STUDY MATERIAL>
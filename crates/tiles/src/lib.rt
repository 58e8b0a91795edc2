// "tile_descriptions": the interval from lower to upper, cut along the held times; and the tile of a correction.
#![tactic(auto)]

mod cut;
mod describe;
mod place;
mod tile;
mod write;

pub use describe::{TILES_SIZE, tile_descriptions};
pub use place::tile_of;
pub use tile::TILE_SIZE;
pub use write::MOST_BOUND;
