//! A name as a text spells it.

ghost use Rattle.std.specs.Prelude.{IsTrue};
ghost use Rattle.sp_text.specs.Tokens.{is_name};

/// A name without its mark, a slice of the text.
#[derive(Clone, Copy, Debug)]
pub struct Name<'a> {
    pub bytes: &'a [u8],
    pub ghost spelled: { IsTrue (is_name bytes.now) },
}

DIRECTIONS>
So that nothing is lost, return the listing exactly and completely.

EXPECTED ANSWER>
filename crates/tiles/src/lib.rt
repository 58e8b0a91795edc2
// "tile_descriptions": the interval from lower to upper, cut along the held times; and the tile of a correction.
#![tactic(auto)]

mod cut;
mod describe;
mod place;
mod tile;
mod write;

pub use describe::{TILES_SIZE, tile_descriptions};
pub use place::tile_of;
pub use tile::TILE_SIZE;
pub use write::MOST_BOUND;
//! A name as a text spells it.

ghost use Rattle.std.specs.Prelude.{IsTrue};
ghost use Rattle.sp_text.specs.Tokens.{is_name};

/// A name without its mark, a slice of the text.
#[derive(Clone, Copy, Debug)]
pub struct Name<'a> {
    pub bytes: &'a [u8],
    pub ghost spelled: { IsTrue (is_name bytes.now) },
}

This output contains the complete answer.